### Information
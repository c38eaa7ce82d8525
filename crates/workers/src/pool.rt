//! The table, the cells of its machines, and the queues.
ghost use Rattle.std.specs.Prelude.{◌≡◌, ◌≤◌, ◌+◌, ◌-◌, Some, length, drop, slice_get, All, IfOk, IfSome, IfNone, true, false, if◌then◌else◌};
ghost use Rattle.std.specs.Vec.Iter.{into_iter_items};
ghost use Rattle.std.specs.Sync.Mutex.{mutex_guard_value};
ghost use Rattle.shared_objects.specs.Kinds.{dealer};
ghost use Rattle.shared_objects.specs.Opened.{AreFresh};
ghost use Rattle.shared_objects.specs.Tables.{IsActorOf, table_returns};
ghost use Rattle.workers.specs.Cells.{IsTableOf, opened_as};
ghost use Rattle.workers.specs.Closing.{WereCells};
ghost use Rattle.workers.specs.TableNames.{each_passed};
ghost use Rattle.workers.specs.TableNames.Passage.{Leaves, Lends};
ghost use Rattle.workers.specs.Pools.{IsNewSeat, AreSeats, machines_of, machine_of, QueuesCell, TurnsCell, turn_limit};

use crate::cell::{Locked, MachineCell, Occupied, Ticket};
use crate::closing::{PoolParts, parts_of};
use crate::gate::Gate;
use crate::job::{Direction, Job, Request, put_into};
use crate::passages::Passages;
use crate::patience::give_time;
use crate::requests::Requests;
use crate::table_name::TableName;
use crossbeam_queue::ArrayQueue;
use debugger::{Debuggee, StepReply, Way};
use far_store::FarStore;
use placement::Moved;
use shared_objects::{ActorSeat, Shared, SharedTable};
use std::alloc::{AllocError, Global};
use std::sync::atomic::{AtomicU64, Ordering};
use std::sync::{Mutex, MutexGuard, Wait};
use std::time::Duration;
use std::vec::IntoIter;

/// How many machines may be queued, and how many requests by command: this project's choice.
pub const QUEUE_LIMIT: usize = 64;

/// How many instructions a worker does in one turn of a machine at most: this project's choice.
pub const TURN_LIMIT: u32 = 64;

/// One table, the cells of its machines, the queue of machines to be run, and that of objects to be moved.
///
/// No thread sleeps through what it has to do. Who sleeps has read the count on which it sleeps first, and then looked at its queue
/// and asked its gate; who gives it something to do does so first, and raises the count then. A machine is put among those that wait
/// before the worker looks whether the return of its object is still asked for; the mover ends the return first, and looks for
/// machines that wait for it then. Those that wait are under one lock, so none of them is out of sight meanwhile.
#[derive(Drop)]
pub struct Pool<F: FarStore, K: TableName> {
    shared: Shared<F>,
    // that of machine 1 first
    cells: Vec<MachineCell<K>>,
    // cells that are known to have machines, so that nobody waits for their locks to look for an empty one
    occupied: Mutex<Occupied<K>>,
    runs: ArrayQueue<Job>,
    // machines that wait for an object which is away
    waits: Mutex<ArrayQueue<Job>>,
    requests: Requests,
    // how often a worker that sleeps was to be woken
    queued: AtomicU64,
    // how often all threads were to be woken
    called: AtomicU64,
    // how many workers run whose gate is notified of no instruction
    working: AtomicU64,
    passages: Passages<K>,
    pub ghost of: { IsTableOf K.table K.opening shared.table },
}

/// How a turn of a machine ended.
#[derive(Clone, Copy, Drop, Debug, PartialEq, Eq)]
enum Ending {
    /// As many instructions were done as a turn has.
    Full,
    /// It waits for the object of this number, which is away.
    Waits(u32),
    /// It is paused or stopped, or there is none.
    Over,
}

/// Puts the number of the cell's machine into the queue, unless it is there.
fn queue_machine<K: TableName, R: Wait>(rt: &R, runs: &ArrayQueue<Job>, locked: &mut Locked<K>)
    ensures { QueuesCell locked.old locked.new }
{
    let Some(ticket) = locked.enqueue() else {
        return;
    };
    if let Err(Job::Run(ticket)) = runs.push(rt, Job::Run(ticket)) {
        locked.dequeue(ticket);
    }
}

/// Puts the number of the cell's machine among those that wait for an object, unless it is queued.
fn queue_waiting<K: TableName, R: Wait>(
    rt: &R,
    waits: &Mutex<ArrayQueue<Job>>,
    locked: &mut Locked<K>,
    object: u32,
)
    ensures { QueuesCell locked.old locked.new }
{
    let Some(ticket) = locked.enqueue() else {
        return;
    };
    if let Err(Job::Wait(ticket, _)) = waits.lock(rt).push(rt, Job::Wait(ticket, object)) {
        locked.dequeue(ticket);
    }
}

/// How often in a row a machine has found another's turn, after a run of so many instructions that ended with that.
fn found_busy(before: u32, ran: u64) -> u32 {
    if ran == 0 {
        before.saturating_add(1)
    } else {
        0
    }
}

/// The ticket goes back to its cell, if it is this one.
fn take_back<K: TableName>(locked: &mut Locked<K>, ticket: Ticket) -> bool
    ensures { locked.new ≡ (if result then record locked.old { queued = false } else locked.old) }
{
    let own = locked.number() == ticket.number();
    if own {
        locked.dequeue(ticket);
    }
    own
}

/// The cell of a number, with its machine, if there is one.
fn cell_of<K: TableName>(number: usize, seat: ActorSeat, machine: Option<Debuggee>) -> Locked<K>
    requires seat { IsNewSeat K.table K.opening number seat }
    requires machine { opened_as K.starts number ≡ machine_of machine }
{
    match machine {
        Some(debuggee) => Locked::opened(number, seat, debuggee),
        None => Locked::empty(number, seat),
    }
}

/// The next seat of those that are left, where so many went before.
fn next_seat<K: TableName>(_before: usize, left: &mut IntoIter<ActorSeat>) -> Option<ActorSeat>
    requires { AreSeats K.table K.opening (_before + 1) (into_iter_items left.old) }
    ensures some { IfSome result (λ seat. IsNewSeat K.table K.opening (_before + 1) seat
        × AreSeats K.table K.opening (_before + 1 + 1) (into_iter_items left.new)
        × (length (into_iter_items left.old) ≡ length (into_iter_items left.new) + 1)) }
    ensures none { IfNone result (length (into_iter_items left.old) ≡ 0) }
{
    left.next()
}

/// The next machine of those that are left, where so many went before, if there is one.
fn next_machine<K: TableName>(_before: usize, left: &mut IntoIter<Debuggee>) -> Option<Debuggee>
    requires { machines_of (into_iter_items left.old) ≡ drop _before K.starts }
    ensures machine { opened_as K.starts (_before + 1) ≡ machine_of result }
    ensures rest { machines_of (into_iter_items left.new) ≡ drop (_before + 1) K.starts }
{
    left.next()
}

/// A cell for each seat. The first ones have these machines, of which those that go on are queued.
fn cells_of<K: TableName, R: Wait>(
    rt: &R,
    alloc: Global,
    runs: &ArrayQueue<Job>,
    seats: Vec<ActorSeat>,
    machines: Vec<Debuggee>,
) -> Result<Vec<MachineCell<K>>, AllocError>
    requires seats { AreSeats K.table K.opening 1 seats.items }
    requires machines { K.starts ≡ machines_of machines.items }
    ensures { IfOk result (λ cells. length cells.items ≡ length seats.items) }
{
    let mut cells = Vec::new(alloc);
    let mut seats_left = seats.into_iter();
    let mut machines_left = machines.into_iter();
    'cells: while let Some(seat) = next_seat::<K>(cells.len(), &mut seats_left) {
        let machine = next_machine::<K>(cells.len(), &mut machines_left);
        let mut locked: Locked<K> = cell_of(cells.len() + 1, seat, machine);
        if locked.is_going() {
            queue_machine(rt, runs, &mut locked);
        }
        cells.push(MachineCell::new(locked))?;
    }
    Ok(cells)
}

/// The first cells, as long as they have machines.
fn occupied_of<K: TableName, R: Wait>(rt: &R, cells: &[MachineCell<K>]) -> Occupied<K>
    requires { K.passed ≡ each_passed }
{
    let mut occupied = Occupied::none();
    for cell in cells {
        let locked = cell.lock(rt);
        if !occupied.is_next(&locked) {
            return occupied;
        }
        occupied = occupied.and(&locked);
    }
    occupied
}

### Your goal
Repeat each of the records exactly as written.

### Result for this exercise
repository c38eaa7ce82d8525
filename crates/workers/src/pool.rt
//! The table, the cells of its machines, and the queues.
ghost use Rattle.std.specs.Prelude.{◌≡◌, ◌≤◌, ◌+◌, ◌-◌, Some, length, drop, slice_get, All, IfOk, IfSome, IfNone, true, false, if◌then◌else◌};
ghost use Rattle.std.specs.Vec.Iter.{into_iter_items};
ghost use Rattle.std.specs.Sync.Mutex.{mutex_guard_value};
ghost use Rattle.shared_objects.specs.Kinds.{dealer};
ghost use Rattle.shared_objects.specs.Opened.{AreFresh};
ghost use Rattle.shared_objects.specs.Tables.{IsActorOf, table_returns};
ghost use Rattle.workers.specs.Cells.{IsTableOf, opened_as};
ghost use Rattle.workers.specs.Closing.{WereCells};
ghost use Rattle.workers.specs.TableNames.{each_passed};
ghost use Rattle.workers.specs.TableNames.Passage.{Leaves, Lends};
ghost use Rattle.workers.specs.Pools.{IsNewSeat, AreSeats, machines_of, machine_of, QueuesCell, TurnsCell, turn_limit};

use crate::cell::{Locked, MachineCell, Occupied, Ticket};
use crate::closing::{PoolParts, parts_of};
use crate::gate::Gate;
use crate::job::{Direction, Job, Request, put_into};
use crate::passages::Passages;
use crate::patience::give_time;
use crate::requests::Requests;
use crate::table_name::TableName;
use crossbeam_queue::ArrayQueue;
use debugger::{Debuggee, StepReply, Way};
use far_store::FarStore;
use placement::Moved;
use shared_objects::{ActorSeat, Shared, SharedTable};
use std::alloc::{AllocError, Global};
use std::sync::atomic::{AtomicU64, Ordering};
use std::sync::{Mutex, MutexGuard, Wait};
use std::time::Duration;
use std::vec::IntoIter;

/// How many machines may be queued, and how many requests by command: this project's choice.
pub const QUEUE_LIMIT: usize = 64;

/// How many instructions a worker does in one turn of a machine at most: this project's choice.
pub const TURN_LIMIT: u32 = 64;

/// One table, the cells of its machines, the queue of machines to be run, and that of objects to be moved.
///
/// No thread sleeps through what it has to do. Who sleeps has read the count on which it sleeps first, and then looked at its queue
/// and asked its gate; who gives it something to do does so first, and raises the count then. A machine is put among those that wait
/// before the worker looks whether the return of its object is still asked for; the mover ends the return first, and looks for
/// machines that wait for it then. Those that wait are under one lock, so none of them is out of sight meanwhile.
#[derive(Drop)]
pub struct Pool<F: FarStore, K: TableName> {
    shared: Shared<F>,
    // that of machine 1 first
    cells: Vec<MachineCell<K>>,
    // cells that are known to have machines, so that nobody waits for their locks to look for an empty one
    occupied: Mutex<Occupied<K>>,
    runs: ArrayQueue<Job>,
    // machines that wait for an object which is away
    waits: Mutex<ArrayQueue<Job>>,
    requests: Requests,
    // how often a worker that sleeps was to be woken
    queued: AtomicU64,
    // how often all threads were to be woken
    called: AtomicU64,
    // how many workers run whose gate is notified of no instruction
    working: AtomicU64,
    passages: Passages<K>,
    pub ghost of: { IsTableOf K.table K.opening shared.table },
}

/// How a turn of a machine ended.
#[derive(Clone, Copy, Drop, Debug, PartialEq, Eq)]
enum Ending {
    /// As many instructions were done as a turn has.
    Full,
    /// It waits for the object of this number, which is away.
    Waits(u32),
    /// It is paused or stopped, or there is none.
    Over,
}

/// Puts the number of the cell's machine into the queue, unless it is there.
fn queue_machine<K: TableName, R: Wait>(rt: &R, runs: &ArrayQueue<Job>, locked: &mut Locked<K>)
    ensures { QueuesCell locked.old locked.new }
{
    let Some(ticket) = locked.enqueue() else {
        return;
    };
    if let Err(Job::Run(ticket)) = runs.push(rt, Job::Run(ticket)) {
        locked.dequeue(ticket);
    }
}

/// Puts the number of the cell's machine among those that wait for an object, unless it is queued.
fn queue_waiting<K: TableName, R: Wait>(
    rt: &R,
    waits: &Mutex<ArrayQueue<Job>>,
    locked: &mut Locked<K>,
    object: u32,
)
    ensures { QueuesCell locked.old locked.new }
{
    let Some(ticket) = locked.enqueue() else {
        return;
    };
    if let Err(Job::Wait(ticket, _)) = waits.lock(rt).push(rt, Job::Wait(ticket, object)) {
        locked.dequeue(ticket);
    }
}

/// How often in a row a machine has found another's turn, after a run of so many instructions that ended with that.
fn found_busy(before: u32, ran: u64) -> u32 {
    if ran == 0 {
        before.saturating_add(1)
    } else {
        0
    }
}

/// The ticket goes back to its cell, if it is this one.
fn take_back<K: TableName>(locked: &mut Locked<K>, ticket: Ticket) -> bool
    ensures { locked.new ≡ (if result then record locked.old { queued = false } else locked.old) }
{
    let own = locked.number() == ticket.number();
    if own {
        locked.dequeue(ticket);
    }
    own
}

/// The cell of a number, with its machine, if there is one.
fn cell_of<K: TableName>(number: usize, seat: ActorSeat, machine: Option<Debuggee>) -> Locked<K>
    requires seat { IsNewSeat K.table K.opening number seat }
    requires machine { opened_as K.starts number ≡ machine_of machine }
{
    match machine {
        Some(debuggee) => Locked::opened(number, seat, debuggee),
        None => Locked::empty(number, seat),
    }
}

/// The next seat of those that are left, where so many went before.
fn next_seat<K: TableName>(_before: usize, left: &mut IntoIter<ActorSeat>) -> Option<ActorSeat>
    requires { AreSeats K.table K.opening (_before + 1) (into_iter_items left.old) }
    ensures some { IfSome result (λ seat. IsNewSeat K.table K.opening (_before + 1) seat
        × AreSeats K.table K.opening (_before + 1 + 1) (into_iter_items left.new)
        × (length (into_iter_items left.old) ≡ length (into_iter_items left.new) + 1)) }
    ensures none { IfNone result (length (into_iter_items left.old) ≡ 0) }
{
    left.next()
}

/// The next machine of those that are left, where so many went before, if there is one.
fn next_machine<K: TableName>(_before: usize, left: &mut IntoIter<Debuggee>) -> Option<Debuggee>
    requires { machines_of (into_iter_items left.old) ≡ drop _before K.starts }
    ensures machine { opened_as K.starts (_before + 1) ≡ machine_of result }
    ensures rest { machines_of (into_iter_items left.new) ≡ drop (_before + 1) K.starts }
{
    left.next()
}

/// A cell for each seat. The first ones have these machines, of which those that go on are queued.
fn cells_of<K: TableName, R: Wait>(
    rt: &R,
    alloc: Global,
    runs: &ArrayQueue<Job>,
    seats: Vec<ActorSeat>,
    machines: Vec<Debuggee>,
) -> Result<Vec<MachineCell<K>>, AllocError>
    requires seats { AreSeats K.table K.opening 1 seats.items }
    requires machines { K.starts ≡ machines_of machines.items }
    ensures { IfOk result (λ cells. length cells.items ≡ length seats.items) }
{
    let mut cells = Vec::new(alloc);
    let mut seats_left = seats.into_iter();
    let mut machines_left = machines.into_iter();
    'cells: while let Some(seat) = next_seat::<K>(cells.len(), &mut seats_left) {
        let machine = next_machine::<K>(cells.len(), &mut machines_left);
        let mut locked: Locked<K> = cell_of(cells.len() + 1, seat, machine);
        if locked.is_going() {
            queue_machine(rt, runs, &mut locked);
        }
        cells.push(MachineCell::new(locked))?;
    }
    Ok(cells)
}

/// The first cells, as long as they have machines.
fn occupied_of<K: TableName, R: Wait>(rt: &R, cells: &[MachineCell<K>]) -> Occupied<K>
    requires { K.passed ≡ each_passed }
{
    let mut occupied = Occupied::none();
    for cell in cells {
        let locked = cell.lock(rt);
        if !occupied.is_next(&locked) {
            return occupied;
        }
        occupied = occupied.and(&locked);
    }
    occupied
}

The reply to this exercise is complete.